JointVue's 3D Echo v1.1 is a software application for the display and 3D visualization of ultrasound volume data derived from the Terason uSmart3200T ultrasound system. It is designed to allow the user to observe images and perform analyses of musculoskeletal structures using the ultrasound volume data acquired with the Terason ultrasound scanner. Typical users of this system are trained medical professionals including physicians, nurses, and technicians.

JointVue's 3D Echo is a software application that uses the raw ultrasound signals generated from an imaging ultrasound machine to visualize musculoskeletal structures in three dimensions. The 3D Echo v1.1 includes the following device modifications from 3D Echo v1.0:

• 1. software is updated for interoperability with Terason 3200T+ Ultrasound system
• 2. the ultrasound hardware is Terason 3200T+ Ultrasound with Terason 14L3 Linear transducer instead of the SonixOne tablet-based portable ultrasound system
• the NDI 3D Guidance driveBAY™ tracking unit is replaced by the 3D Guidance trakSTAR™ 3. tracking unit (same system but with an internal power supply))
• Different GCX system cart designed for Terason 3200T+ Ultrasound 4.
• Custom transducer/sensor holder now attaches an 800 model EM sensor to the exterior of the ultrasound transducer
• 6. Designed for use with medically approved probe cover

The JointVue LLC 3D Echo v1.1 is a software application for the display and 3D visualization of ultrasound volume data for musculoskeletal structures. The provided documentation primarily focuses on demonstrating substantial equivalence to a predicate device (3D Echo v1.0, K172513) rather than a de novo clinical study with pre-defined clinical acceptance criteria.

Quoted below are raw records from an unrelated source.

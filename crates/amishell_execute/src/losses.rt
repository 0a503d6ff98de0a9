//! The files of a script that are gone when the Shell's memory is: the line that names them.

use crate::faults::{Fault, report};
use ados_ram::{Entry, Place, Ram};
use ados_text::{Name, NoMemory, Text};
use ados_trace::shown;
use ados_transfer::{Content, Planned};
use std::alloc::Global;
use std::io::Eprint;

// How many files the line names.
const NAMED: usize = 2;

/// What is not gone with the Shell's files, or is no loss.
#[derive(Drop)]
pub struct Kept<'a> {
    // The files as they were before the script.
    before: Ram,
    // What was brought in.
    planned: &'a [Planned],
    // The files, and the directories with files, that are written to this machine, or are not meant to stay.
    places: Vec<Place>,
}

impl<'a> Kept<'a> {
    /// The files as they are before the script, what is brought in, the script itself, and ENV:.
    pub fn new(
        alloc: Global,
        files: &Ram,
        planned: &'a [Planned],
        script: &Place,
    ) -> Result<Kept<'a>, NoMemory> {
        let mut kept = Kept {
            before: files.copy()?,
            planned,
            places: Vec::new(alloc),
        };
        kept.add(script)?;
        kept.add_top(alloc, "Env")?;
        Ok(kept)
    }

    /// What is in T: has served, as after a script that went well.
    pub fn add_temporary(&mut self, alloc: Global) -> Result<(), NoMemory> {
        self.add_top(alloc, "T")
    }

    // What is in the directory of this name at the top is kept.
    fn add_top(&mut self, alloc: Global, name: &str) -> Result<(), NoMemory> {
        let name = Name::from_bytes(alloc, name.as_bytes())?;
        self.add(&Place::root(alloc).with(name)?)
    }

    /// A file, or what is in a directory, is kept.
    pub fn add(&mut self, place: &Place) -> Result<(), NoMemory> {
        self.places.push(place.copy()?)?;
        Ok(())
    }

    // A file is kept, or is as it was.
    fn holds(&self, place: &Place, entry: &Entry) -> bool {
        let is_kept = self.places.iter().any(|kept| is_within(kept, place));
        is_kept || self.was_there(place, entry) || self.was_brought(place, entry)
    }

    // The file had the same bytes before the script.
    fn was_there(&self, place: &Place, entry: &Entry) -> bool {
        match self.before.look(place) {
            Some(before) => is_same_file(before, entry),
            None => false,
        }
    }

    // The file is one that was brought in, unchanged.
    fn was_brought(&self, place: &Place, entry: &Entry) -> bool {
        self.planned.iter().any(|one| match &one.content {
            Content::File { bytes, .. } => {
                one.place == *place && entry.bytes().is_some_and(|found| found == bytes)
            }
            Content::Directory => false,
        })
    }
}

// Both are files, with the same bytes.
fn is_same_file(entry: &Entry, other: &Entry) -> bool {
    match (entry.bytes(), other.bytes()) {
        (Some(bytes), Some(others)) => bytes == others,
        _ => false,
    }
}

// A place is that of a directory, or below it.
fn is_within(directory: &Place, place: &Place) -> bool {
    let above = directory.names();
    match place.names().get(..above.len()) {
        Some(names) => names == above,
        None => false,
    }
}

/// Tells in one line which files are gone, if any are.
pub fn tell_losses<R: AllocGlobal + Eprint>(
    rt: &R,
    files: &Ram,
    kept: &Kept<'_>,
) -> Result<(), Fault> {
    let alloc = rt.alloc();
    let mut line = String::from_str(alloc, "gone with RAM: ")?;
    let mut count = 0usize;
    for place in &files.contents(&Place::root(alloc))? {
        let Some(entry) = files.look(place) else {
            continue;
        };
        if entry.is_directory() || kept.holds(place, entry) {
            continue;
        }
        if count < NAMED {
            let sign = if count == 0 { "" } else { ", " };
            let name = short_name(alloc, &files.full_path(place)?, place)?;
            write!(line, "{sign}{name}")?;
        }
        count = count.saturating_add(1);
    }
    let more = count.saturating_sub(NAMED);
    if more > 0 {
        write!(line, " and {more} more")?;
    }
    if count > 0 {
        line.push_str(" (--take, --share)")?;
        report(rt, &line);
    }
    Ok(())
}

// The name of a file by its device, if it is below one: `C:MegaTool`.
fn short_name(alloc: Global, path: &Text, place: &Place) -> Result<String, Fault> {
    let path = shown(path);
    let below = match path.split_once('/') {
        Some((_, below)) => below,
        None => path,
    };
    match place.names().first() {
        Some(first) if first.text().is("C") => Ok(format!(in alloc; "C:{below}")?),
        Some(first) if first.text().is("S") => Ok(format!(in alloc; "S:{below}")?),
        Some(first) if first.text().is("T") => Ok(format!(in alloc; "T:{below}")?),
        _ => Ok(String::from_str(alloc, path)?),
    }
}
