//! What the next turn of a shell takes, if that is a line of a script.

use ados_flow::Frame;
use ados_items::trimmed;
use ados_ram::Place;
use ados_shell::Shell;
use ados_text::{Name, NoMemory, Text};
use ados_trace::script_name;
use ados_world::World;
use std::alloc::Global;

/// The script that is the newest frame of a shell which has its turn.
#[derive(Drop)]
pub struct ScriptTurn<'a> {
    /// The shell.
    pub shell: &'a Shell,
    /// The script's frame.
    pub frame: &'a Frame,
    /// The full path of its file.
    pub name: &'a Text,
    /// No line of it was taken yet.
    pub is_first: bool,
}

impl<'a> ScriptTurn<'a> {
    /// That of the shell of this number, if it runs a script.
    pub fn of(world: &'a World, number: u8) -> Option<ScriptTurn<'a>> {
        let shell = world.shell(number)?;
        let frame = shell.frames().last()?;
        let name = script_name(frame)?;
        let (_, line) = frame.script_line()?;
        Some(ScriptTurn {
            shell,
            frame,
            name,
            is_first: line == 0,
        })
    }

    /// The line that is taken, if one is: none while the line before it waits for an answer, or goes on with what stood between back-ticks.
    pub fn line(&self) -> Option<&'a Text> {
        if self.shell.asks_for_line() || self.goes_on() {
            None
        } else {
            self.frame.next_line()
        }
    }

    /// The bytes of the script's file; none if it is gone.
    pub fn bytes(&self, alloc: Global, world: &World) -> Result<Vec<u8>, NoMemory> {
        let place = place_at(alloc, self.name)?;
        match world.files().look(&place).and_then(|entry| entry.bytes()) {
            Some(bytes) => bytes.to_vec(alloc),
            None => Ok(Vec::new(alloc)),
        }
    }

    // The line before goes on with what stood between back-ticks: its command has not returned.
    fn goes_on(&self) -> bool {
        let Some((script, line)) = self.frame.script_line() else {
            return false;
        };
        if line == self.frame.last_line() {
            return false;
        }
        match script.line(line) {
            Some(line) => has_ticks(line.as_bytes()),
            None => false,
        }
    }
}

// A line has a command with back-ticks. A comment has none, and returns nothing.
fn has_ticks(line: &[u8]) -> bool {
    line.contains(&b'`') && !trimmed(line).starts_with(b";")
}

// The place of a full path: the names after the colon, which slashes separate.
fn place_at(alloc: Global, path: &Text) -> Result<Place, NoMemory> {
    let bytes = path.as_bytes();
    let names = bytes.strip_prefix(b"RAM:").unwrap_or(bytes);
    let mut place = Place::root(alloc);
    for name in names.split(|byte| *byte == b'/') {
        place = place.with(Name::new(Text::from_bytes(alloc, name)?))?;
    }
    Ok(place)
}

Therefore, the "acceptance criteria" discussed below are derived from the benchtop performance testing outlined in the submission for demonstrating equivalence.

Here's an analysis based on the provided text:

1. Table of Acceptance Criteria and Reported Device Performance

Since this is a submission demonstrating substantial equivalence to a predicate device, the "acceptance criteria" are implied by the comparison to the predicate's performance and general accuracy requirements for 3D model generation from ultrasound data. The study primarily evaluated the accuracy of 3D models generated by the 3D Echo v1.1 system against manufacturer-provided CAD models and compared its performance to the predicate device.

2. Sample Size Used for the Test Set and Data Provenance

• Sample Size: A "sample (equivalent in size to that of the predicate validation test) of 3D models of the femur and tibia bone models" was obtained and analyzed. The exact number of models is not specified but is stated to be equivalent to the predicate's validation test.
• Data Provenance: The data was generated through non-clinical benchtop testing using physical phantom models simulating the knee (femur and tibia bone models). This is a prospective generation of data using specific test articles. The country of origin for the data generation is not explicitly stated, but the company is US-based (Knoxville, TN).

3. Number of Experts Used to Establish Ground Truth for the Test Set and Their Qualifications

Not applicable. The ground truth for the benchtop testing was established by manufacturer-provided CAD models of the femur and tibia, not human experts.

4. Adjudication Method for the Test Set

Not applicable. The ground truth was based on CAD models, which are objective and do not require human adjudication.

5. If a Multi-Reader Multi-Case (MRMC) Comparative Effectiveness Study Was Done

No, an MRMC comparative effectiveness study was not performed. The submission explicitly states "Human Clinical Performance Testing was not required to demonstrate the safety and effectiveness of the device." The study focused on benchtop performance of the device itself (algorithm only) compared to a predicate device, not on human reader performance with or without the AI.

6. If a Standalone (i.e., Algorithm Only Without Human-in-the-Loop Performance) Was Done

Yes, a standalone performance study was done. The benchtop performance testing evaluated the 3D Echo v1.1 system's ability to generate accurate 3D models from ultrasound data acquired from physical phantom models. This is an evaluation of the system's performance (including the software algorithm) independent of human interpretation or assistance during the analysis phase.

7. The Type of Ground Truth Used

The ground truth used for the benchtop performance testing was the manufacturer-provided CAD models of the femur and tibia. This represents an objective, digitally precise "ideal" representation of the anatomical structures.

8. The Sample Size for the Training Set

The document does not provide information regarding the training set sample size. The focus of the submission is on the validation of the modified device after its development, demonstrating its substantial equivalence to a previously cleared device. The "core algorithm for 3D bone reconstruction" was not changed from the predicate device, implying that the training for this core algorithm would have occurred prior to or during the development of the predicate device (K172513), and is not detailed in this specific submission for K211656.

9. How the Ground Truth for the Training Set Was Established

The document does not provide information on how the ground truth for the training set was established, as it does not discuss the training phase of the algorithm. It only mentions that the "core algorithm for 3D bone reconstruction" was unchanged from the predicate device, implying that any training would relate to the predicate and is not part of this 510(k) submission.